> [What to do]:
Go through the entries below and count the lines where "TestWriter" occurs. Give nothing but that number.

[Saved entries]
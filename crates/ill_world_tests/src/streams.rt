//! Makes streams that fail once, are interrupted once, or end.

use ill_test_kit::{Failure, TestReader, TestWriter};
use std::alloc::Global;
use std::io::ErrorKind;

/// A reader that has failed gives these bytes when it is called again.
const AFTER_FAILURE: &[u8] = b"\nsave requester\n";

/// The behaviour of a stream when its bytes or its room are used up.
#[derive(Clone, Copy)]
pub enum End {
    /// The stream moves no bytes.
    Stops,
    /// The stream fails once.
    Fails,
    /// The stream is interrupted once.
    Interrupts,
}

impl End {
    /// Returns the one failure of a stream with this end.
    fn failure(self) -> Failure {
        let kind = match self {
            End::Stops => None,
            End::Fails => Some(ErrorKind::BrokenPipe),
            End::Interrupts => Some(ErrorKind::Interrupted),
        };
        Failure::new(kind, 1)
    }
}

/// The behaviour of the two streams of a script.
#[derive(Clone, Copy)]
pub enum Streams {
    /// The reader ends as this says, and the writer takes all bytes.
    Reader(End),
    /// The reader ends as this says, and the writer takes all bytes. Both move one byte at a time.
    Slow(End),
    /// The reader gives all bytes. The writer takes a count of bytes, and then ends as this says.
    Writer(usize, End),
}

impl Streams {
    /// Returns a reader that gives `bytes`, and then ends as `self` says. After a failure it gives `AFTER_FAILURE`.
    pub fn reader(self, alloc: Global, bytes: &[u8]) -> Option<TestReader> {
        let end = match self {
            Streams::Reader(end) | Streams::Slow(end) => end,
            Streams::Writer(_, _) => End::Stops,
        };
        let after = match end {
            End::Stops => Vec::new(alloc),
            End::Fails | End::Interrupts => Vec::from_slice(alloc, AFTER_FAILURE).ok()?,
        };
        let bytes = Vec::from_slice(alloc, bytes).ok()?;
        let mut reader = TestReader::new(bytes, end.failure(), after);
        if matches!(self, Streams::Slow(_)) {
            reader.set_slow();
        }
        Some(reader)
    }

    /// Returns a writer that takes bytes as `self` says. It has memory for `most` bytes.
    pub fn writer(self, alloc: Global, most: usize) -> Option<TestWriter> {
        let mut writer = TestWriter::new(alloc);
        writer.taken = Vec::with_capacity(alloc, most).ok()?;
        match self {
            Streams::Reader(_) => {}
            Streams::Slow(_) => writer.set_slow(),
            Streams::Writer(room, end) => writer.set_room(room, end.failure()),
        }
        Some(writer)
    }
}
...
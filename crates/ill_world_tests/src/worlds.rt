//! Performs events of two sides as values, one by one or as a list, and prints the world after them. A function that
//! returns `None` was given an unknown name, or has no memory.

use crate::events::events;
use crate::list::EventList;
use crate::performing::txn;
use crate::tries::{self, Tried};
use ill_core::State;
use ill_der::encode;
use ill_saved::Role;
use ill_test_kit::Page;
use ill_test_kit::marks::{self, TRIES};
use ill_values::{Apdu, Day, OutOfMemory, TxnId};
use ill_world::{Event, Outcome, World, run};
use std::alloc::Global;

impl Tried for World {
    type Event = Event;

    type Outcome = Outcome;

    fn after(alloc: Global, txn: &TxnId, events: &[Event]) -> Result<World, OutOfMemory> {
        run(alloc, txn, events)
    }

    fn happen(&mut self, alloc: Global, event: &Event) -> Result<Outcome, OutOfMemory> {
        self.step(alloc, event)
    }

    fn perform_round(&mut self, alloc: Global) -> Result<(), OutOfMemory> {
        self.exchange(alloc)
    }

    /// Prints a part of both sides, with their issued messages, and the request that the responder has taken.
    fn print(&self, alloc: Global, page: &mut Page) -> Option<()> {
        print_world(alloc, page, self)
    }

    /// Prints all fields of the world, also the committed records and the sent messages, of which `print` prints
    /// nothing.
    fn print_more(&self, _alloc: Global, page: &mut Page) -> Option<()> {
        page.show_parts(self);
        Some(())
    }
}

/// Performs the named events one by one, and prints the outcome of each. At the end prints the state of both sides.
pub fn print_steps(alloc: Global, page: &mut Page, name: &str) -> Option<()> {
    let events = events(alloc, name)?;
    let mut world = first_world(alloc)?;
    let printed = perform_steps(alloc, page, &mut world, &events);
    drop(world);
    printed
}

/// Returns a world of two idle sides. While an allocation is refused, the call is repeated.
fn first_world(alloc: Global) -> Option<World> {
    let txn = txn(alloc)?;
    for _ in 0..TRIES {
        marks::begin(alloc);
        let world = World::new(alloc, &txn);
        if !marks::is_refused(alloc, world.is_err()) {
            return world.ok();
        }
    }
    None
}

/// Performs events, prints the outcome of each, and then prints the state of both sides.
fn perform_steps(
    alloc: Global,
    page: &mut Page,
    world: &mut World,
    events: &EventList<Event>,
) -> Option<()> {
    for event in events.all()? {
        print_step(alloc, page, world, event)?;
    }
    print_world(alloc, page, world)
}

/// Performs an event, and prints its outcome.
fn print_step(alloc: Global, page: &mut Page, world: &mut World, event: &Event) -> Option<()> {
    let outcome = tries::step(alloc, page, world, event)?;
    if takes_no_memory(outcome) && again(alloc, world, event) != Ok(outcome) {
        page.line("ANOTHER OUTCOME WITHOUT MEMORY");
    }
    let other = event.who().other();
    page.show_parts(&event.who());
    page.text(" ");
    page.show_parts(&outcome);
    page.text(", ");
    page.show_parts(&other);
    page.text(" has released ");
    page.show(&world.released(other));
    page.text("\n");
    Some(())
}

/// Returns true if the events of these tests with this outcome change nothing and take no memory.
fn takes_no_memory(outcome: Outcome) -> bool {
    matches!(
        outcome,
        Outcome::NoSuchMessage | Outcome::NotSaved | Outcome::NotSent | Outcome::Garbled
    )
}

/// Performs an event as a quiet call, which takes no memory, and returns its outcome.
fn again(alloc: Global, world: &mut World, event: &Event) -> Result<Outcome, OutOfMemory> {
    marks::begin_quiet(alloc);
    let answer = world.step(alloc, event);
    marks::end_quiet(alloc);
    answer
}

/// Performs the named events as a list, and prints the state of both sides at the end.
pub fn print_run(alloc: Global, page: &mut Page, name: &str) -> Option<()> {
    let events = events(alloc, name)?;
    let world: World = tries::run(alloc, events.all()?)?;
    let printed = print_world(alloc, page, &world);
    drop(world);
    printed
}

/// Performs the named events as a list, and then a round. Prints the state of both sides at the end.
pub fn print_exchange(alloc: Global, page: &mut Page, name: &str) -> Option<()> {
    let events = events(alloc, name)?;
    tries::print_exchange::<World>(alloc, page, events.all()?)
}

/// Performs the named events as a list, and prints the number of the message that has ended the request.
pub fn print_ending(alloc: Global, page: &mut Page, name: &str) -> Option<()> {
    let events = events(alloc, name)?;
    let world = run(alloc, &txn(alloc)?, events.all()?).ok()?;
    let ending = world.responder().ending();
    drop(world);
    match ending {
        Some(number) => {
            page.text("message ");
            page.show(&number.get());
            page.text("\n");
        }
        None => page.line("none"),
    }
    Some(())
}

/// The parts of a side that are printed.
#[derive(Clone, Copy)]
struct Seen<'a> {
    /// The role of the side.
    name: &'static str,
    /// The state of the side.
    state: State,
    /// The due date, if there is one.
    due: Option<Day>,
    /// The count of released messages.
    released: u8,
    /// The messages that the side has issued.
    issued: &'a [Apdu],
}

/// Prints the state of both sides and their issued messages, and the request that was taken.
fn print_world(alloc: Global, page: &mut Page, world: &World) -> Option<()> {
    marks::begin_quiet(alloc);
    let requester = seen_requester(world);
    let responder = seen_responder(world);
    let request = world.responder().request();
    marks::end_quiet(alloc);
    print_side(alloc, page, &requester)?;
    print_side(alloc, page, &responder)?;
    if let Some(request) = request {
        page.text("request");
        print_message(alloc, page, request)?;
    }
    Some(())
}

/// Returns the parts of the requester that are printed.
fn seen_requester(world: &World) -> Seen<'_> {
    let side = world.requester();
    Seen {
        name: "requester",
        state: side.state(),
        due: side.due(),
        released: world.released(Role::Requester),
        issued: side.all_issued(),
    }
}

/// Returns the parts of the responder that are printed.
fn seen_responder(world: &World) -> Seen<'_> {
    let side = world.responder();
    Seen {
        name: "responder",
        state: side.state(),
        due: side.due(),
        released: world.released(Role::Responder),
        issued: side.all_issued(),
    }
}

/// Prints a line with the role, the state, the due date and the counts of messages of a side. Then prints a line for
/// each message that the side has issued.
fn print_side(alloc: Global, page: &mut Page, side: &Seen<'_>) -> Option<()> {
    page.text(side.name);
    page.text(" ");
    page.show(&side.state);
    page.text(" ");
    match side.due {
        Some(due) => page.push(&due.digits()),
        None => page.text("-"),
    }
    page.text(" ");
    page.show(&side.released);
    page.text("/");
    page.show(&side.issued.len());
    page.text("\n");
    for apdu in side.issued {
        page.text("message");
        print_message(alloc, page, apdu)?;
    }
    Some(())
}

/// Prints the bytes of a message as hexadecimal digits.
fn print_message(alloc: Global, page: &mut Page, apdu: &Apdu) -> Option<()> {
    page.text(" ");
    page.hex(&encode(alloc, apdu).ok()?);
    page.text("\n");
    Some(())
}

> [Solution to this problem]:
3